DATA FOR REVIEW START
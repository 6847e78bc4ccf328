//! Octets as pairs of hexadecimal digits, with or without spaces between the pairs.

ghost use Rattle.std.specs.Prelude.{◌≡◌, ◌⊎◌, IfErr, IfNone, IfOk, IfSome};
ghost use Rattle.words.specs.HexText.{BeginsWithoutSpace, HasSpacesBefore, TakesNoPair, TakesPair};
ghost use Rattle.words.specs.HexText.{NoHex, OnlyHex, SpellsHex};

use crate::unread::Unread;
use std::alloc::{AllocError, Allocator};
use tags::{Items, Octets};

/// The octets that a text spells as pairs of digits of either case, one pair at least, with any
/// number of spaces between the pairs and none elsewhere.
///
/// # Errors
/// `Memory`, or `Octets` for any other text.
pub fn parse_hex<A: Allocator + Copy>(alloc: A, text: &[u8]) -> Result<Octets<A>, Unread>
    ensures read { IfOk result (SpellsHex text.now) }
    ensures only { IfOk result (OnlyHex text.now) }
    ensures refused { IfErr result (λ e. (e ≡ Unread.Memory) ⊎ ((e ≡ Unread.Octets) × NoHex text.now)) }
{
    match octets_of(alloc, text)? {
        Some(octets) => Ok(Items::from_vec(octets)),
        None => Err(Unread::Octets),
    }
}

/// The octets that a text spells.
#[tactic(auto, using(crate::proofs::HexLaws::text_laws))]
fn octets_of<A: Allocator>(alloc: A, text: &[u8]) -> Result<Option<Vec<u8, A>>, AllocError>
    ensures read { IfOk result (λ found. IfSome found (λ octets. SpellsHex text.now octets.items)) }
    ensures only { IfOk result (λ found. IfSome found (λ octets. OnlyHex text.now octets.items)) }
    ensures faulty { IfOk result (λ found. IfNone found (NoHex text.now)) }
{
    let mut octets = Vec::new(alloc);
    let mut rest = text;
    while let Some((octet, after)) = front_pair(rest) {
        octets.push(octet)?;
        if after.is_empty() {
            return Ok(Some(octets));
        }
        rest = without_spaces(after);
    }
    Ok(None)
}

/// The octet that two digits at the front spell, and what follows them.
#[tactic(auto, using(crate::proofs::HexLaws::pair_laws))]
fn front_pair(text: &[u8]) -> Option<(u8, &[u8])>
    ensures taken { IfSome result (λ found. TakesPair text.now found.0 found.1.now) }
    ensures none { IfNone result (TakesNoPair text.now) }
{
    if text.len() < 2 {
        return None;
    }
    let (pair, after) = text.split_at(2);
    let mut octet = [0u8];
    match hex::decode_to_slice(pair, &mut octet) {
        Ok(()) => Some((octet[0], after)),
        Err(_) => None,
    }
}

/// The text from its first octet on that is no space.
fn without_spaces(text: &[u8]) -> &[u8]
    ensures spaces { HasSpacesBefore text.now result.now }
    ensures all { BeginsWithoutSpace result.now }
{
    let mut rest = text;
    while let [first, after @ ..] = rest {
        if *first != b' ' {
            break;
        }
        rest = after;
    }
    rest
}
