//! Words of a row, as the libraries read and print them.

use sheets::{Stop, octets, two_words};
use std::alloc::Global;
use words::Hex;

/// A text in which each word such as `FF*129` is written out: an octet that stands as often.
pub(crate) fn expanded(alloc: Global, text: &str) -> Result<String, Stop> {
    let mut out = String::new(alloc);
    for (at, word) in text.split(' ').enumerate() {
        if at > 0 {
            out.push(' ')?;
        }
        push_word(alloc, word, &mut out)?;
    }
    Ok(out)
}

/// Appends a word, written out.
fn push_word(alloc: Global, word: &str, out: &mut String) -> Result<(), Stop> {
    if word.split_once('*').is_none() {
        out.push_str(word)?;
        return Ok(());
    }
    let octets = octets(alloc, word)?;
    write!(out, "{}", Hex(octets.as_slice()))?;
    Ok(())
}

/// Whether words say a reply.
pub(crate) fn is_reply(words: &str) -> bool {
    let (verb, rest) = two_words(words);
    match verb {
        "values" | "done" | "error" => true,
        "many" => rest.is_empty() || rest.starts_with('['),
        _ => false,
    }
}
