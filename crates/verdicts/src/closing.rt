//! Whether a request came to its end as expected.

ghost use Rattle.std.specs.Prelude.{◌≡◌, ◌↔◌, IsTrue};
ghost use Rattle.verdicts.specs.Verdicts.{IsCause, IsEnd, IsOutcome, IsReason, IsReply, IsTimely};
ghost use Rattle.verdicts.specs.Verdicts as spec;

use crate::same::Same;
use expectations::{ExpectedEnd, Outcome};
use history::{End, Entry};
use primitives::Reply;
use std::alloc::Allocator;

/// Whether an entry says that a request, issued at that moment, ended as expected, and as soon.
pub(crate) fn is_outcome<S, Q, A: Allocator>(
    outcome: &Outcome<A>,
    within: Option<u64>,
    issued: Option<u64>,
    entry: &Entry<S, Q, Reply<A>>,
) -> bool
    ensures { IsTrue result ↔ IsOutcome outcome.now within issued entry.now }
{
    match (outcome, entry) {
        (
            Outcome::Answered(expected),
            Entry::Answered {
                reply: given,
                moment,
                ..
            },
        ) => is_reply(expected, given) && is_timely(within, issued, *moment),
        (Outcome::Ended(expected), Entry::Ended { why, moment, .. }) => {
            is_end(*expected, why) && is_timely(within, issued, *moment)
        }
        (Outcome::Answered(_) | Outcome::Ended(_), _) => false,
    }
}

/// Whether a reply is this one, or any where none is expected.
fn is_reply<A: Allocator>(expected: &Option<Reply<A>>, given: &Reply<A>) -> bool
    ensures { IsTrue result ↔ IsReply expected.now given.now }
{
    match expected {
        None => true,
        Some(reply) => given.is_same(reply),
    }
}

/// Whether a cause is this one, or any where none is expected.
fn is_end(expected: Option<ExpectedEnd>, given: &End) -> bool
    ensures { IsTrue result ↔ IsEnd expected given.now }
{
    match expected {
        None => true,
        Some(end) => is_cause(end, given),
    }
}

/// Whether a cause is this one (20.1.8, 20.1.9).
fn is_cause(expected: ExpectedEnd, given: &End) -> bool
    ensures { IsTrue result ↔ IsCause expected given.now }
{
    match (expected, given) {
        (ExpectedEnd::TimedOut, End::TimedOut) => true,
        (ExpectedEnd::Rejected(expected), End::Rejected { reason }) => is_reason(expected, *reason),
        (ExpectedEnd::Aborted(expected), End::Aborted { reason }) => is_reason(expected, *reason),
        (ExpectedEnd::TimedOut | ExpectedEnd::Rejected(_) | ExpectedEnd::Aborted(_), _) => false,
    }
}

/// Whether a reason is this one, or any where none is expected.
fn is_reason(expected: Option<u8>, given: u8) -> bool
    ensures { IsTrue result ↔ IsReason expected given }
{
    match expected {
        None => true,
        Some(reason) => given == reason,
    }
}

/// Whether a moment is at most so many milliseconds behind that of the issue, where that is expected.
fn is_timely(within: Option<u64>, issued: Option<u64>, moment: u64) -> bool
    ensures { IsTrue result ↔ IsTimely within issued moment }
{
    match (within, issued) {
        (None, _) => true,
        (Some(_), None) => false,
        (Some(ms), Some(at)) => moment.saturating_sub(at) <= ms,
    }
}

/// The moment at which the request of a number was issued, if it was.
#[tactic(auto, using(crate::proofs::SomeLaws::first_laws))]
pub(crate) fn issued_at<S, Q, R>(number: u64, history: &[Entry<S, Q, R>]) -> Option<u64>
    ensures { result ≡ spec.issued_at number history.now }
{
    let mut left = history;
    while let [first, rest @ ..] = left {
        if let Some(moment) = issued_in(number, first) {
            return Some(moment);
        }
        left = rest;
    }
    None
}

/// The moment of an entry, if it issues the request of this number.
fn issued_in<S, Q, R>(number: u64, entry: &Entry<S, Q, R>) -> Option<u64>
    ensures { result ≡ spec.issued_in number entry.now }
{
    match entry {
        Entry::Issue {
            number: other,
            moment,
            ..
        } if *other == number => Some(*moment),
        Entry::Issue { .. }
        | Entry::Executed { .. }
        | Entry::Answered { .. }
        | Entry::Ended { .. }
        | Entry::Restarted { .. } => None,
    }
}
DATA FOR REVIEW END
→ WHAT YOU WILL DO
Given the data above, transcribe exactly the lines from the one containing "cause is this one, or" down to the one containing "(Some(_), None) =>", and no others.

→ RESPONSE
/// Whether a cause is this one, or any where none is expected.
fn is_end(expected: Option<ExpectedEnd>, given: &End) -> bool
    ensures { IsTrue result ↔ IsEnd expected given.now }
{
    match expected {
        None => true,
        Some(end) => is_cause(end, given),
    }
}

/// Whether a cause is this one (20.1.8, 20.1.9).
fn is_cause(expected: ExpectedEnd, given: &End) -> bool
    ensures { IsTrue result ↔ IsCause expected given.now }
{
    match (expected, given) {
        (ExpectedEnd::TimedOut, End::TimedOut) => true,
        (ExpectedEnd::Rejected(expected), End::Rejected { reason }) => is_reason(expected, *reason),
        (ExpectedEnd::Aborted(expected), End::Aborted { reason }) => is_reason(expected, *reason),
        (ExpectedEnd::TimedOut | ExpectedEnd::Rejected(_) | ExpectedEnd::Aborted(_), _) => false,
    }
}

/// Whether a reason is this one, or any where none is expected.
fn is_reason(expected: Option<u8>, given: u8) -> bool
    ensures { IsTrue result ↔ IsReason expected given }
{
    match expected {
        None => true,
        Some(reason) => given == reason,
    }
}

/// Whether a moment is at most so many milliseconds behind that of the issue, where that is expected.
fn is_timely(within: Option<u64>, issued: Option<u64>, moment: u64) -> bool
    ensures { IsTrue result ↔ IsTimely within issued moment }
{
    match (within, issued) {
        (None, _) => true,
        (Some(_), None) => false,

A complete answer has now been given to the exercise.